What is in this article?:
- Peeling back the CAFTA layers
- Sanitary issues
- The U.S. continues to face increased competition in markets as CAFTA-DR countries sign FTAs with other countries such as the EU. An advantage in these markets is that the U.S. was first with an FTA rather than catching-up with other countries.
With the announcement that the U.S.-Columbia Free Trade Agreement will be implemented beginning May 15, it is an appropriate time to review the market changes for the U.S.-Central American-Dominican Republic Free Trade Agreement countries which have similar market issues. The agreement is between the U.S. and El Salvador, Guatemala, Honduras, Nicaragua, Costa Rica and the Dominican Republic as separate countries.
The six countries of CAFTA-DR have 48 million people, are closer geographically to the U.S. than most other trading partners and have roughly the same amount of trade with the U.S. as Australia. The agreements were signed in August 2004 and mostly came into force, except for Costa Rica, in 2006 and early 2007. The Costa Rican agreement took effect on January 1, 2009. As a single market, CAFTA-DR is the seventh largest U.S. agricultural market after South Korea.
Half of U.S. exports became duty free immediately, including high-quality cuts of beef, cotton, wheat, soybeans, some fruits and vegetables, processed food products and wine. Other products received improved access through tariff rate quotas, but over-quota tariffs are phased out over 15-20 years. These include beef, pork, dry beans, vegetable oil, poultry, rice, corn and dairy products.
Using calendar year 2005 as the base year, the dollar value of agricultural exports from the U.S. increased from $1.96 billion to $4.47 billion, a 128 percent increase. Coarse grains, mostly corn, were the highest value product both years growing 185 percent from $340 million in 2005 to $970 million in 2011. Wheat was number two increasing from $260 million to $610 million, a 135 percent increase, while soybean meal was number three at $210 million and $420 million, a 100 percent increase. Rice rounded out the big four at $170 million in 2005 and $180 in 2012, a 6 percent increase. Grain prices have more than doubled since 2005, so the volume increases are lower. Coarse grain volumes were almost unchanged at 3.2 million metric tons (MMT); wheat up from 1.5 MMT to 1.8 MMT, a 20 percent increase; soybean meal up from 910,000 MT to 1.0 MMT, a 10 percent increase; and rice down from 760,000 MT to 490,000 MT, a 36 percent decline.
Substantial changes have occurred in the smaller volume and value products. Soybean oil exports increased 93 percent in volume to 137,000 MT, while increasing almost 400 percent in value. Red meat increased 244 percent in volume to 55,000 MT and 366 percent in value. Dairy products increased 68 percent in volume to 42,000 MT, and 122 percent in value, and poultry meat volume increased 97 percent to 136,000 MT and 143 percent in value.

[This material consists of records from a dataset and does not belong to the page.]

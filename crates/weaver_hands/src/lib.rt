//! What hands do: the steps of a run, each made of holds of the objects behind locks.
//!
//! `transact` begins a transaction, has it judged and sends it. `start` begins a program, `visit` reads its next
//! vertex, and `finish` ends it. `pull` brings a message from a gatekeeper to a shard (`bring` also says whether it had
//! arrived there before), and `apply` processes it there.
//! `say_and_hear` tells a gatekeeper the clock of another, and `nop` sends an empty message. A call that answers Ok has
//! made the entries of the steps that it stands for, once each and with the hand's number, and no others. One that
//! answers otherwise has made none, except those of its earlier holds if it is out of memory.
//!
//! A program is running (`IsRunning`) from its `start` to its `finish`. Calls for others leave it as it is (`laws`).
#![tactic(auto)]

mod fault;
mod finishing;
pub mod laws;
mod lower_laws;
mod messages;
mod starting;
mod telling;
mod transacting;
mod visiting;

pub use fault::HandFault;
pub use finishing::finish;
pub use messages::{Pulled, apply, bring, pull};
pub use starting::start;
pub use telling::{nop, say_and_hear};
pub use transacting::transact;
pub use visiting::visit;
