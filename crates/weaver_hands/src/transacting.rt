//! A transaction: begun, judged and sent.
ghost use Rattle.std.specs.Prelude.{◌<◌, length};
ghost use Rattle.std.specs.Option.{ForSome};
ghost use Rattle.weave_entries.specs.StoreRule.{ops_bound};
ghost use Rattle.weaver_locks.specs.Following.{HasNotBegun, MayHear};
ghost use Rattle.weaver_locks.specs.Hands.{IsHand};
ghost use Rattle.weaver_locks.specs.Locks.{gate_count, shard_count};
ghost use Rattle.weaver_hands.specs.Transactions.{TransactsAs};

use crate::fault::{HandFault, of_gate, out_of_memory};
use graph_ops::Op;
use std::alloc::Global;
use std::sync::Wait;
use vector_stamp::Stamp;
use weave_entries::Verdict;
use weaver_locks::laws::{
    begun_stamps_may_be_heard, calls_follow_each_other, own_entries_are_those_seen,
    what_was_begun_goes_on,
};
use weaver_locks::{Hand, Shared};

/// Begins a transaction at a gatekeeper after its session's last stamp, has it judged, and sends it. It may wait.
pub fn transact<R: Wait>(
    rt: &R,
    alloc: Global,
    hand: &mut Hand,
    shared: &Shared,
    request: u32,
    gate: u32,
    ops: &[Op],
    last: Option<Stamp>,
) -> Result<(Stamp, Verdict), HandFault>
    requires hand { IsHand shared.now hand.old }
    requires gate { gate < gate_count shared.now }
    requires new { HasNotBegun hand.old request }
    requires few { length ops.now < ops_bound }
    requires last { ForSome last (λ heard. MayHear shared.now hand.old heard) }
    ensures hand { IsHand shared.now hand.new }
    ensures done { TransactsAs (shard_count shared.now) hand.old hand.new gate request ops.now last result }
{
    begun_stamps_may_be_heard();
    calls_follow_each_other();
    own_entries_are_those_seen();
    what_was_begun_goes_on();
    let stamp = match shared.begin_tx(rt, alloc, hand, gate, request, last) {
        Ok(stamp) => stamp,
        Err(fault) => return Err(of_gate(fault)),
    };
    let verdict = shared.commit(rt, alloc, hand, request, stamp, ops)?;
    match shared.send(rt, alloc, hand, gate, ops, &verdict) {
        Ok(()) => Ok((stamp, verdict)),
        Err(fault) => Err(out_of_memory(fault)),
    }
}
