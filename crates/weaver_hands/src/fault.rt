//! Why a hand's call is refused.
ghost use Rattle.std.specs.Prelude.{◌≡◌};
ghost use Rattle.weaver_hands.specs.Faults.{apply_fault, gate_fault, visit_fault};

use gatekeeper::GateFault;
use shard_node::{ApplyFault, VisitFault};
use std::alloc::AllocError;
use weave_data::Name;

/// Why a call was refused. It made no entry, except those of its earlier holds if it is out of memory.
#[derive(Clone, Copy, PartialEq, Eq)]
pub enum HandFault {
    /// A transaction is in flight at the gatekeeper.
    Busy,
    /// The shard is not ready for the program, as far as this gatekeeper is concerned.
    NotYet { shard: u32, gate: u32 },
    /// The next message has not arrived at the shard.
    Empty,
    /// The message's count for this vertex is not the number of updates applied to it at the shard.
    Waits { vertex: Name },
    /// Out of memory.
    Memory,
}

impl From<AllocError> for HandFault {
    ghost use Rattle.std.specs.Prelude.{◌≡◌};
    ghost use Rattle.weaver_hands.specs.declared.fault.HandFault.TheVariants.{Memory};

    ghost from_gives = { λ _ fault. fault ≡ Memory };

    fn from(_error: AllocError) -> HandFault {
        HandFault::Memory
    }
}

/// A gatekeeper's refusal of a begin or of an empty message: it is busy, or out of memory.
pub(crate) fn of_gate(fault: GateFault) -> HandFault
    ensures { result ≡ gate_fault fault }
{
    match fault {
        GateFault::Busy => HandFault::Busy,
        GateFault::Idle | GateFault::Old | GateFault::Memory => HandFault::Memory,
    }
}

/// A gatekeeper's refusal of what is not refused there unless it is out of memory.
pub(crate) fn out_of_memory(fault: GateFault) -> HandFault
    requires { fault ≡ GateFault.Memory }
    ensures { result ≡ HandFault.Memory }
{
    of_gate(fault)
}

/// A shard's refusal to process a head.
pub(crate) fn of_shard(fault: &ApplyFault) -> HandFault
    ensures { result ≡ apply_fault fault.now }
{
    match fault {
        ApplyFault::Empty => HandFault::Empty,
        ApplyFault::Waits { vertex } => HandFault::Waits { vertex: *vertex },
        ApplyFault::Memory => HandFault::Memory,
    }
}

/// A shard's refusal to read a vertex.
pub(crate) fn of_visit(shard: u32, fault: VisitFault) -> HandFault
    ensures { result ≡ visit_fault shard fault }
{
    match fault {
        VisitFault::Again { gate } => HandFault::NotYet { shard, gate },
        VisitFault::Memory => HandFault::Memory,
    }
}
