//! Adding to a tally that is shared.
ghost use Rattle.std.specs.Prelude.{◌≡◌, ◌+◌, ◌-◌, ◌^◌, ◌<◌, ◌≤◌, ℕ, [], ◌∷◌, ◌++◌, All, IfOk, OnOk, MatchResult, Err, length, slice_index_or};
ghost use mathlib.Core.List.{IsPrefix};
ghost use Rattle.chronicle.specs.Logs.{IsGrown};
ghost use Rattle.chronicle.specs.Locks.{lock_of};
ghost use Rattle.chronicle.specs.Passes.{IsReady, number_of, seen_by_pass, own_entries};
ghost use Rattle.chronicle_keeper.specs.Totals.{numbered_by, total_of};
ghost use Rattle.chronicle_keeper.specs.Additions.{HasAdded, EachAdded};

use crate::tally::{Refused, Tally};
use chronicle::{Chronicle, Pass};
use std::alloc::{AllocError, Global};
use std::sync::Wait;
use std::thread;
use std::thread::Threads;

/// Adds a number under the number of the pass. It may wait.
pub fn add<R: Wait>(
    rt: &R,
    shared: &Chronicle<Tally>,
    pass: &mut Pass<u64>,
    value: u64,
) -> Result<(), Refused>
    requires { IsReady (lock_of shared.now) pass.old }
    ensures ready { IsReady (lock_of shared.now) pass.new }
    ensures number { number_of pass.new ≡ number_of pass.old }
    ensures seen { IsPrefix (seen_by_pass pass.old) (seen_by_pass pass.new) }
    ensures own { MatchResult result (λ _. own_entries pass.new ≡ own_entries pass.old
        ++ (number_of pass.old, value) ∷ []) (λ _. own_entries pass.new ≡ own_entries pass.old) }
    ensures too_large { result ≡ Err Refused.TooLarge → 2 ^ 64 ≤ total_of (seen_by_pass pass.new) + value }
    ensures memory { result ≡ Err Refused.Memory → total_of (seen_by_pass pass.new) + value < 2 ^ 64 }
{
    let author = pass.number();
    let mut held = shared.enter(rt, pass);
    let added = held.state().add(author, value);
    held.leave(pass);
    added
}

/// The sum, in the state that the pass finds. It may wait.
pub fn total<R: Wait>(rt: &R, shared: &Chronicle<Tally>, pass: &mut Pass<u64>) -> u64
    requires { IsReady (lock_of shared.now) pass.old }
    ensures ready { IsReady (lock_of shared.now) pass.new }
    ensures number { number_of pass.new ≡ number_of pass.old }
    ensures own { own_entries pass.new ≡ own_entries pass.old }
    ensures total { result ≡ total_of (seen_by_pass pass.new) }
{
    let mut held = shared.enter(rt, pass);
    let total = held.state().total();
    held.leave(pass);
    total
}

/// Adds the numbers from `from` on that are below `to`, up to the first that is refused.
pub fn add_range<R: Wait>(
    rt: &R,
    shared: &Chronicle<Tally>,
    pass: &mut Pass<u64>,
    from: u64,
    to: u64,
) -> Result<(), Refused>
    requires ready { IsReady (lock_of shared.now) pass.old }
    requires range { from ≤ to }
    ensures ready { IsReady (lock_of shared.now) pass.new }
    ensures added { HasAdded from (to - from) pass.old pass.new }
    ensures own { OnOk result (own_entries pass.new
        ≡ own_entries pass.old ++ numbered_by (number_of pass.old) from (to - from)) }
{
    for value in from..to {
        add(rt, shared, pass, value)?;
    }
    Ok(())
}

// Each pass adds the numbers below `count`, up to the first that is refused, in a thread of its own if one can be made.
fn add_side_by_side<R: Threads + Wait + Sync>(
    rt: &R,
    shared: &Chronicle<Tally>,
    passes: &mut [Pass<u64>],
    count: u64,
)
    requires { All (IsReady (lock_of shared.now)) passes.old }
    ensures ready { All (IsReady (lock_of shared.now)) passes.new }
    ensures added { (k : ℕ) (d : _) → k < length passes.old
        → HasAdded 0 count (slice_index_or passes.old k d) (slice_index_or passes.new k d) }
{
    let threads = passes.len().max(1);
    thread::for_each_mut(
        rt,
        passes,
        threads,
        &|_, pass: &mut Pass<u64>|
            requires { IsReady (lock_of shared.now) pass.old }
            ensures { IsReady (lock_of shared.entry.now) pass.new × HasAdded 0 count pass.old pass.new }
        {
            let _ = add_range(rt, shared, pass, 0, count);
        },
    );
}

/// This many authors each add the numbers below `count`, side by side, up to the first that is refused. The tally has
/// entries of these authors alone, and each author's numbers are there once and in rising order.
pub fn tallied<R: Threads + Wait + Sync>(
    rt: &R,
    alloc: Global,
    authors: u32,
    count: u64,
) -> Result<Tally, AllocError>
    requires { 0 < authors }
    ensures authors { IfOk result (λ t. IsGrown authors [] t) }
    ensures each { IfOk result (λ t. EachAdded authors count t) }
{
    let like = Tally::new(alloc);
    let (mut shared, mut passes, vacant) = Chronicle::<Tally>::new(alloc, &like, authors)?;
    shared.fill(vacant, like);
    add_side_by_side(rt, &shared, passes.as_mut_slice(), count);
    Ok(shared.close(passes))
}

Other products were also active: processed fruits and vegetables more than doubled, snack food were up 80 percent, breakfast cereals 70 percent and fresh fruits 60 percent.
The six countries already had preferential import access to U.S. markets under the Caribbean Basin Initiative (CBI) and Most Favored Nation (MFN) preferences for developing countries. Almost all agricultural items were entering tariff free. The value of imports increased from $3.1 billion in 2005 to $5.7 billion in 2011, an 84 percent increase. Bananas and plantains were the largest import items in 2005 on a dollar basis at $650 million followed by unroasted coffee at $600 million. Those roles were reversed in 2011 with unroasted coffee at number one at $1.49 billion and bananas and plantains at $1.21 billion, together at 47 percent of imports in 2011 with volumes up about 10 percent. Other fresh fruit was $420 million in 2005 and $1.4 billion in 2011 and up about 28 percent in volume. Raw and processed sugar and sweeteners imports were $340 million in 2005 and $530 million in 2011.